To do ->
Output the opening lines of the records exactly. End with the line that contains "let pairs = other.iter();".

Data shown ->

################

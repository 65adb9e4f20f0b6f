//! Calls that take in the pairs of an iterator, or make a map of them.

use super::Map;
use super::call::Call;
use super::counts::share;
use super::fills::pair;
use super::key::Key;
use super::value::Value;
use linked_hash_map::{Iter, LIMIT};
use std::alloc::AllocError;

/// Makes a map of the pairs of the words, by an iterator that knows how many they are.
fn from_iter(call: &Call, map: &mut Map) {
    let words = call.words_left();
    let items = (0..words / 2 + words % 2).map(|_| (call.key(), call.value()));
    call.store(map, Map::from_iter(call.alloc, items));
}

/// Makes a map of more pairs than are allowed, of which none is taken.
fn from_iter_too_large(call: &Call, map: &mut Map) {
    let guard = call.guard();
    let counts = share(call.counts());
    let items = (0..LIMIT + 1).map(move |number| {
        guard.hold();
        pair(number as u64, &counts)
    });
    call.store(map, Map::from_iter(call.alloc, items));
}

/// Makes a map of the pairs of the words by `collect`.
fn collect(call: &Call, map: &mut Map) {
    let made: Result<Map, AllocError> = call.pairs().collect(call.alloc);
    call.store(map, made);
}

/// Copies of the pairs of a map.
#[derive(Drop)]
struct Copies<'m> {
    pairs: Iter<'m, Key, Value>,
}

impl<'m> Iterator for Copies<'m> {
    type Item = (Key, Value);

    ghost can_next = { λ copies. ⟦<Iter<'m, Key, Value> as Iterator>⟧.can_next copies.pairs };

    ghost remaining = { λ copies. ⟦<Iter<'m, Key, Value> as Iterator>⟧.remaining copies.pairs };

    fn next(&mut self) -> Option<(Key, Value)> {
        let (key, value) = self.pairs.next()?;
        Some((key.copy(), value.copy()))
    }
}

/// Runs the call of a line, and returns whether there is one.
pub fn run(call: &Call, map: &mut Map, other: &mut Map) -> bool {
    match call.name() {
        "extend" => call.show_refusal(map.extend(call.pairs())),
        "extend_trait" => {
            call.show_refusal(<Map as Extend<(Key, Value)>>::extend(map, call.pairs()));
        }
        "extend_refs" => {
            let pairs = other.iter();
            call.show_refusal(map.extend(Copies { pairs }));
        }
        "extend_drain" => call.show_refusal(map.extend(other.drain())),
        "append" => call.show_refusal(map.append(other)),
        "from_iter" => from_iter(call, map),
        "from_iter_unhinted" => call.store(map, Map::from_iter(call.alloc, call.pairs())),
        "from_iter_too_large" => from_iter_too_large(call, map),
        "collect" => collect(call, map),
        _ => return false,
    }
    call.show(map.hasher());
    true
}
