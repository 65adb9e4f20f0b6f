//! Runs calls of the public API of the map, the cache, the set and the table of sessions from
//! standard input to standard output, one a line.
//!
//! `compare/run` compares the output with that of the Rust crates linked-hash-map 0.5.6, lru-cache
//! 0.1.2 and hashlink 0.8.0, and `compare/run --help` says what the lines are. What is proved of
//! this program is that it is safe and ends.
//!
//! A line of the output ends with the effects of the call: what it dropped, and how often it
//! hashed, compared and cloned. A call that is refused memory answers what it hands back. A line
//! that begins with `#` is printed as it is, and everything is made anew.
//!
//! The exit status is 0; 3 if an allocation of the program itself fails; 4 if the input is no text,
//! or reading or writing fails.
#![tactic(auto)]

mod cache_fills;
mod cache_replays;
mod caches;
mod call;
mod changes;
mod collecting;
mod comparisons;
mod copied;
mod counts;
mod entries;
mod fills;
mod hasher;
mod identity;
mod insertions;
mod iterators;
mod iterators_from;
mod key;
mod list;
mod lookups;
mod making;
mod marks;
mod order;
mod pair_lists;
mod refusal;
mod refused_texts;
mod replays;
mod retaining;
mod sessions;
mod set_fills;
mod set_making;
mod set_operations;
mod set_order;
mod set_refused_texts;
mod sets;
mod sorts;
mod stop;
mod value;
mod visits;

use caches::Cache;
use call::Call;
use counts::Counts;
use hasher::BuildKeyHasher;
use key::Key;
use linked_hash_map::LinkedHashMap;
use sessions::Table;
use sets::Set;
use std::alloc::Global;
use std::io;
use std::io::{Read, Write};
use std::process::ExitCode;
use std::rc::Rc;
use stop::Stop;
use value::Value;

/// The maps that the lines speak of.
type Map = LinkedHashMap<Key, Value, BuildKeyHasher>;

/// What the lines speak of: two maps, two caches, two sets and two tables of sessions.
#[derive(Drop)]
struct All {
    map_a: Map,
    map_b: Map,
    cache_a: Cache,
    cache_b: Cache,
    set_a: Set,
    set_b: Set,
    table_a: Table,
    table_b: Table,
}

impl All {
    /// Makes them, all empty.
    fn new(alloc: Global) -> All {
        All {
            map_a: Map::with_hasher(alloc, BuildKeyHasher::default()),
            map_b: Map::with_hasher(alloc, BuildKeyHasher::default()),
            cache_a: Cache::with_hasher(alloc, 0, BuildKeyHasher::default()),
            cache_b: Cache::with_hasher(alloc, 0, BuildKeyHasher::default()),
            set_a: Set::with_hasher(alloc, BuildKeyHasher::default()),
            set_b: Set::with_hasher(alloc, BuildKeyHasher::default()),
            table_a: Table::new(alloc, 0),
            table_b: Table::new(alloc, 0),
        }
    }
}

/// Runs the call of a line that only reads `map` and, if it takes two, `other` too, and returns
/// whether there is one.
fn read_map(call: &Call, map: &Map, other: &Map) -> bool {
    match call.name() {
        "pair_lists" => pair_lists::show_calls(call, map),
        "refused_texts" => refused_texts::show_all(call),
        "extend_copied_refs" => copied::extend_by_refs(false, call, map, other),
        "extend_trait_refs" => copied::extend_by_refs(true, call, map, other),
        _ => {
            return lookups::run(call, map)
                || iterators::run(call, map)
                || comparisons::run(call, map, other);
        }
    }
    true
}

/// Runs the call of a line that changes one map, and returns whether there is one.
fn change_map(call: &Call, map: &mut Map) -> bool {
    match call.name() {
        "retain" => retaining::retain(map, call),
        "replay" => replays::replay_all(call, map),
        "fill" => fills::fill(map, call),
        "refuse_clone" => call.refuse_clone(),
        _ => {
            return lookups::run_to_write(call, map)
                || changes::run(call, map)
                || order::run(call, map)
                || insertions::run(call, map)
                || visits::run(call, map)
                || iterators::run_to_take(call, map)
                || sorts::run(call, map);
        }
    }
    true
}

/// Runs the call of a line on `map` and, if it takes two, on `other` too, appends what it returns
/// and the list of `map`, and returns whether there is such a call.
fn run_on_map(call: &Call, map: &mut Map, other: &mut Map) -> bool {
    let is_known = read_map(call, map, other)
        || change_map(call, map)
        || making::run(call, map, other)
        || collecting::run(call, map, other);
    if is_known {
        call.push_str("|");
        list::list(map.len(), map.iter(), call);
    }
    is_known
}

/// Runs the call of a line on what it names, and returns whether there is such a call. The first
/// window is open when the call begins. `set_mode` is a call of a map.
fn run_call(call: &Call, all: &mut All) -> bool {
    let is_b = call.word() == "b";
    call.begin();
    if call.strip_prefix("cache_") {
        if is_b {
            caches::run(call, &mut all.cache_b, &all.cache_a)
        } else {
            caches::run(call, &mut all.cache_a, &all.cache_b)
        }
    } else if call.name() != "set_mode" && call.strip_prefix("set_") {
        if is_b {
            sets::run(call, &mut all.set_b, &mut all.set_a)
        } else {
            sets::run(call, &mut all.set_a, &mut all.set_b)
        }
    } else if call.strip_prefix("sessions_") {
        if is_b {
            sessions::run(call, &mut all.table_b)
        } else {
            sessions::run(call, &mut all.table_a)
        }
    } else if is_b {
        run_on_map(call, &mut all.map_b, &mut all.map_a)
    } else {
        run_on_map(call, &mut all.map_a, &mut all.map_b)
    }
}

/// Runs the lines on new maps, caches, sets and tables, and returns the whole text of the output.
/// For a line that is no call that is `unknown`. A line that begins with `#` makes everything anew.
fn respond(alloc: Global, lines: &'static str) -> Result<String, Stop> {
    let Ok(counts) = Rc::new(alloc, Counts::new()) else {
        return Err(Stop::OutOfMemory);
    };
    let call = Call::new(alloc, counts);
    let mut all = All::new(alloc);
    for text in lines.lines() {
        call.begin_line(text);
        if text.starts_with('#') {
            all = All::new(alloc);
            call.push_str(text);
            call.push_str("\n");
        } else if run_call(&call, &mut all) {
            call.end_line();
        } else {
            call.push_str("unknown\n");
        }
    }
    call.finish()
}

/// Reads all lines, runs them and writes the output.
fn run<R: Read + Drop, W: Write>(alloc: Global, input: R, writer: &mut W) -> Result<(), Stop> {
    let lines = io::read_to_string(alloc, input)?;
    let Ok(lines) = Box::new(alloc, lines) else {
        return Err(Stop::OutOfMemory);
    };
    let text = respond(alloc, Box::leak(lines).as_str())?;
    writer.write_all(text.as_bytes())?;
    writer.flush()?;
    Ok(())
}

fn main(rt: HostRuntime) -> ExitCode {
    match run(rt.alloc(), rt.stdin(), &mut rt.stdout()) {
        Ok(()) => ExitCode::from(0),
        Err(stop) => ExitCode::from(stop.status()),
    }
}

################

Output of the exercise ->
repository 65adb9e4f20f0b6f
//! Calls that take in the pairs of an iterator, or make a map of them.

use super::Map;
use super::call::Call;
use super::counts::share;
use super::fills::pair;
use super::key::Key;
use super::value::Value;
use linked_hash_map::{Iter, LIMIT};
use std::alloc::AllocError;

/// Makes a map of the pairs of the words, by an iterator that knows how many they are.
fn from_iter(call: &Call, map: &mut Map) {
    let words = call.words_left();
    let items = (0..words / 2 + words % 2).map(|_| (call.key(), call.value()));
    call.store(map, Map::from_iter(call.alloc, items));
}

/// Makes a map of more pairs than are allowed, of which none is taken.
fn from_iter_too_large(call: &Call, map: &mut Map) {
    let guard = call.guard();
    let counts = share(call.counts());
    let items = (0..LIMIT + 1).map(move |number| {
        guard.hold();
        pair(number as u64, &counts)
    });
    call.store(map, Map::from_iter(call.alloc, items));
}

/// Makes a map of the pairs of the words by `collect`.
fn collect(call: &Call, map: &mut Map) {
    let made: Result<Map, AllocError> = call.pairs().collect(call.alloc);
    call.store(map, made);
}

/// Copies of the pairs of a map.
#[derive(Drop)]
struct Copies<'m> {
    pairs: Iter<'m, Key, Value>,
}

impl<'m> Iterator for Copies<'m> {
    type Item = (Key, Value);

    ghost can_next = { λ copies. ⟦<Iter<'m, Key, Value> as Iterator>⟧.can_next copies.pairs };

    ghost remaining = { λ copies. ⟦<Iter<'m, Key, Value> as Iterator>⟧.remaining copies.pairs };

    fn next(&mut self) -> Option<(Key, Value)> {
        let (key, value) = self.pairs.next()?;
        Some((key.copy(), value.copy()))
    }
}

/// Runs the call of a line, and returns whether there is one.
pub fn run(call: &Call, map: &mut Map, other: &mut Map) -> bool {
    match call.name() {
        "extend" => call.show_refusal(map.extend(call.pairs())),
        "extend_trait" => {
            call.show_refusal(<Map as Extend<(Key, Value)>>::extend(map, call.pairs()));
        }
        "extend_refs" => {
            let pairs = other.iter();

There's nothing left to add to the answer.